Try it: What is needed is an exact copy of all the records, written out in full.
************
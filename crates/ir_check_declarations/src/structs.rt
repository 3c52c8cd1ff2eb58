//! Structs.

ghost use Rattle.std.specs.Prelude.{◌≡◌, ◌++◌, ◌∷◌, [], map, OnOk, IfOk};
ghost use Rattle.ir_model.specs.Plain.{binding_of, struct_of};
ghost use Rattle.ir_model.specs.Typing.{field_checks, struct_checks, structs_checks};
ghost use Rattle.ir_check_scopes.specs.Found.{Finds};
ghost use Rattle.ir_check_scopes.specs.Spots.{place_of};
ghost use Rattle.ir_check_declarations.specs.StructParts.{field_check, fields_part};

use ir_check_scopes::found::fault;
use ir_check_scopes::new_names::{add_new, require_new};
use ir_check_scopes::type_names::type_names;
use ir_check_scopes::{CheckFault, CheckPlaceRef};
use ir_layouts::fault::LayoutFault;
use ir_layouts::table::Layouts;
use ir_model::check::CheckKind;
use ir_model::firmware::{Binding, StructDecl};
use ir_names::Names;
use std::alloc::Global;

#[tactic(auto, using(ir_check_scopes::proofs::Order::checks_of_both))]
fn field<'a, 'n>(
    declared: &Names<'n>,
    earlier: &Names<'n>,
    spot: CheckPlaceRef,
    seen: &mut Names<'a>,
    binding: &'a Binding,
) -> Result<(), CheckFault>
    ensures finds { Finds (field_check declared.now earlier.now (place_of spot.entry) seen.old (binding_of binding.now)) result }
    ensures grows { OnOk result (seen.new ≡ seen.old ++ binding.now.name ∷ []) }
{
    add_new(seen, &binding.name, spot)?;
    type_names(declared, earlier, spot, &binding.ty)?;
    Ok(())
}

fn fields<'n>(
    alloc: Global,
    declared: &Names<'n>,
    earlier: &Names<'n>,
    spot: CheckPlaceRef,
    bindings: &[Binding],
) -> Result<(), CheckFault>
    ensures { Finds (field_checks declared.now earlier.now (place_of spot.entry) [] (map binding_of bindings.now)) result }
{
    let mut seen = Names::new(alloc);
    for binding in bindings {
        field(declared, earlier, spot, &mut seen, binding)?;
    }
    Ok(())
}

#[tactic(auto, using(ir_check_scopes::proofs::Order::checks_of_both))]
fn named_fields<'n>(
    alloc: Global,
    declared: &Names<'n>,
    earlier: &Names<'n>,
    of: &StructDecl,
) -> Result<(), CheckFault>
    ensures { Finds (fields_part declared.now earlier.now (struct_of of.now)) result }
{
    let spot = CheckPlaceRef::Struct(&of.name);
    require_new(earlier, &of.name, spot)?;
    fields(alloc, declared, earlier, spot, of.fields.as_slice())?;
    Ok(())
}

fn structure<'n>(
    alloc: Global,
    declared: &Names<'n>,
    layouts: &mut Layouts<'n>,
    of: &'n StructDecl,
) -> Result<(), CheckFault>
    ensures finds { Finds (struct_checks declared.now (map struct_of layouts.old) (struct_of of.now)) result }
    ensures grows { OnOk result (layouts.new ≡ layouts.old ++ of.now ∷ []) }
{
    named_fields(alloc, declared, layouts.names(), of)?;
    match layouts.push(of) {
        Ok(()) => Ok(()),
        Err(LayoutFault::TooLarge) => Err(fault(
            CheckKind::ObjectTooLarge,
            CheckPlaceRef::Struct(&of.name),
        )),
        Err(LayoutFault::NoMemory) => Err(CheckFault::NoMemory),
    }
}

/// The checks of structs, and their layouts.
pub fn structs<'n>(
    alloc: Global,
    declared: &Names<'n>,
    structs: &'n [StructDecl],
) -> Result<Layouts<'n>, CheckFault>
    ensures finds { Finds (structs_checks declared.now [] (map struct_of structs.now)) result }
    ensures all { IfOk result (λ l. l ≡ structs.now) }
{
    let mut layouts = Layouts::new(alloc);
    for declaration in structs {
        structure(alloc, declared, &mut layouts, declaration)?;
    }
    Ok(layouts)
}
************
Your solution:
filename crates/ir_check_declarations/src/structs.rt
repository 3c52c8cd1ff2eb58
//! Structs.

ghost use Rattle.std.specs.Prelude.{◌≡◌, ◌++◌, ◌∷◌, [], map, OnOk, IfOk};
ghost use Rattle.ir_model.specs.Plain.{binding_of, struct_of};
ghost use Rattle.ir_model.specs.Typing.{field_checks, struct_checks, structs_checks};
ghost use Rattle.ir_check_scopes.specs.Found.{Finds};
ghost use Rattle.ir_check_scopes.specs.Spots.{place_of};
ghost use Rattle.ir_check_declarations.specs.StructParts.{field_check, fields_part};

use ir_check_scopes::found::fault;
use ir_check_scopes::new_names::{add_new, require_new};
use ir_check_scopes::type_names::type_names;
use ir_check_scopes::{CheckFault, CheckPlaceRef};
use ir_layouts::fault::LayoutFault;
use ir_layouts::table::Layouts;
use ir_model::check::CheckKind;
use ir_model::firmware::{Binding, StructDecl};
use ir_names::Names;
use std::alloc::Global;

#[tactic(auto, using(ir_check_scopes::proofs::Order::checks_of_both))]
fn field<'a, 'n>(
    declared: &Names<'n>,
    earlier: &Names<'n>,
    spot: CheckPlaceRef,
    seen: &mut Names<'a>,
    binding: &'a Binding,
) -> Result<(), CheckFault>
    ensures finds { Finds (field_check declared.now earlier.now (place_of spot.entry) seen.old (binding_of binding.now)) result }
    ensures grows { OnOk result (seen.new ≡ seen.old ++ binding.now.name ∷ []) }
{
    add_new(seen, &binding.name, spot)?;
    type_names(declared, earlier, spot, &binding.ty)?;
    Ok(())
}

fn fields<'n>(
    alloc: Global,
    declared: &Names<'n>,
    earlier: &Names<'n>,
    spot: CheckPlaceRef,
    bindings: &[Binding],
) -> Result<(), CheckFault>
    ensures { Finds (field_checks declared.now earlier.now (place_of spot.entry) [] (map binding_of bindings.now)) result }
{
    let mut seen = Names::new(alloc);
    for binding in bindings {
        field(declared, earlier, spot, &mut seen, binding)?;
    }
    Ok(())
}

#[tactic(auto, using(ir_check_scopes::proofs::Order::checks_of_both))]
fn named_fields<'n>(
    alloc: Global,
    declared: &Names<'n>,
    earlier: &Names<'n>,
    of: &StructDecl,
) -> Result<(), CheckFault>
    ensures { Finds (fields_part declared.now earlier.now (struct_of of.now)) result }
{
    let spot = CheckPlaceRef::Struct(&of.name);
    require_new(earlier, &of.name, spot)?;
    fields(alloc, declared, earlier, spot, of.fields.as_slice())?;
    Ok(())
}

fn structure<'n>(
    alloc: Global,
    declared: &Names<'n>,
    layouts: &mut Layouts<'n>,
    of: &'n StructDecl,
) -> Result<(), CheckFault>
    ensures finds { Finds (struct_checks declared.now (map struct_of layouts.old) (struct_of of.now)) result }
    ensures grows { OnOk result (layouts.new ≡ layouts.old ++ of.now ∷ []) }
{
    named_fields(alloc, declared, layouts.names(), of)?;
    match layouts.push(of) {
        Ok(()) => Ok(()),
        Err(LayoutFault::TooLarge) => Err(fault(
            CheckKind::ObjectTooLarge,
            CheckPlaceRef::Struct(&of.name),
        )),
        Err(LayoutFault::NoMemory) => Err(CheckFault::NoMemory),
    }
}

/// The checks of structs, and their layouts.
pub fn structs<'n>(
    alloc: Global,
    declared: &Names<'n>,
    structs: &'n [StructDecl],
) -> Result<Layouts<'n>, CheckFault>
    ensures finds { Finds (structs_checks declared.now [] (map struct_of structs.now)) result }
    ensures all { IfOk result (λ l. l ≡ structs.now) }
{
    let mut layouts = Layouts::new(alloc);
    for declaration in structs {
        structure(alloc, declared, &mut layouts, declaration)?;
    }
    Ok(layouts)
}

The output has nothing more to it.